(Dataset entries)
§

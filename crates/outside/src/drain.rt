// What a close reads of the other end, and drops. A connection that is let go with bytes unread is reset by the machine, and the other
// end may then lose a reply that it has not read yet.
ghost use Rattle.std.specs.Prelude.{◌≡◌, ◌≤◌, ◌<◌, ◌+◌, IfSome, MatchOption, length};
ghost use Rattle.std.specs.Duration.{as_nanos};
ghost use Rattle.std.specs.Io.KnownBytes.{IsAtEnd};
ghost use Rattle.outside.specs.Closing.{Drops, Drains};

use std::io::Read;
use std::net::OpenStream;
use std::thread;
use std::time::{Clock, Duration, Instant};

// How reading at a close ended.
#[derive(Clone, Copy, Debug, PartialEq, Eq)]
pub(crate) enum DrainEnd {
    // The other end has ended its side, and nothing is left.
    Ended,
    // As many bytes were read as are read at a close.
    Full,
    // The time was over, or the connection failed.
    Stopped,
}

// How many bytes are read at a close.
const MOST: usize = 1 << 20;

// How many of them at once. They stand in the frame of the function, since closing takes no memory.
const PIECE: usize = 4096;

// How long an end that sends without a pause is given to look at what it was sent, after each piece, in microseconds. Without it, a close on
// a busy machine would be over before the other end runs again, and that would then meet the reset before the reply.
const BREATH: u64 = 1_000;

// How many reads are made at a close where the clock can't be read.
const READS: u32 = 64;

// What time is left of the 2 seconds of a close, None where none is.
fn left_after(passed: Duration) -> Option<Duration>
    ensures { MatchOption result (2_000_000_000 ≤ as_nanos passed) (λ left. (0 < as_nanos left) × (as_nanos left + as_nanos passed ≡ 2_000_000_000)) }
{
    let left = Duration::from_secs(2).saturating_sub(passed);
    if left.is_zero() { None } else { Some(left) }
}

// How long the next read of a close may wait, None where it isn't to be made. Where the clock can't be read each read has an equal part
// of the 2 seconds.
fn wait_of<R: Clock>(rt: &R, start: Option<Instant>, reads: u32) -> Option<Duration>
    ensures { IfSome result (λ wait. (0 < as_nanos wait) × (as_nanos wait ≤ 2_000_000_000)) }
{
    if let Some(start) = start {
        if let Ok(now) = Instant::now(rt) {
            return left_after(now.duration_since(start));
        }
    }
    if reads < READS {
        Some(Duration::from_micros(31_250))
    } else {
        None
    }
}

// One read that waits no longer than this, None where the connection failed.
fn read_within<S: Read + OpenStream>(stream: &mut S, wait: Duration, to: &mut [u8]) -> Option<usize>
    requires { 0 < length to.old }
    ensures bound { IfSome result (λ count. count ≤ length to.old) }
    ensures bytes { MatchOption result (Drops (S.remaining stream.old) (S.remaining stream.new) 0) (λ count. Drops (S.remaining stream.old) (S.remaining stream.new) count × (count ≡ 0 → IsAtEnd (S.remaining stream.new))) }
{
    stream.set_read_timeout(Some(wait)).ok()?;
    stream.read(to).ok()
}

// Reads and drops what the other end still sends, up to 1 MiB and for up to 2 seconds, with a pause after each full piece. Each read waits
// no longer than the time that is left, so neither a silent end nor one that sends a byte at a time makes it longer.
pub(crate) fn drain<S: Read + OpenStream, R: Clock>(stream: &mut S, rt: &R) -> DrainEnd
    ensures { Drains (S.remaining stream.old) (S.remaining stream.new) result }
{
    let mut to = [0u8; PIECE];
    let start = Instant::now(rt).ok();
    let mut reads = 0u32;
    let mut dropped = 0;
    while dropped < MOST {
        let Some(wait) = wait_of(rt, start, reads) else {
            return DrainEnd::Stopped;
        };
        let room = PIECE.min(MOST - dropped);
        let Some(count) = read_within(stream, wait, &mut to[..room]) else {
            return DrainEnd::Stopped;
        };
        if count == 0 {
            return DrainEnd::Ended;
        }
        if count == room {
            thread::sleep(rt, Duration::from_micros(BREATH));
        }
        dropped += count;
        reads = reads.saturating_add(1);
    }
    DrainEnd::Full
}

§

## TO DO
Set every line down again exactly. Begin with the first line of the entries and finish with the line containing "use std::thread;".

## RESPONSE BELOW
filename crates/outside/src/drain.rt
// What a close reads of the other end, and drops. A connection that is let go with bytes unread is reset by the machine, and the other
// end may then lose a reply that it has not read yet.
ghost use Rattle.std.specs.Prelude.{◌≡◌, ◌≤◌, ◌<◌, ◌+◌, IfSome, MatchOption, length};
ghost use Rattle.std.specs.Duration.{as_nanos};
ghost use Rattle.std.specs.Io.KnownBytes.{IsAtEnd};
ghost use Rattle.outside.specs.Closing.{Drops, Drains};

use std::io::Read;
use std::net::OpenStream;
use std::thread;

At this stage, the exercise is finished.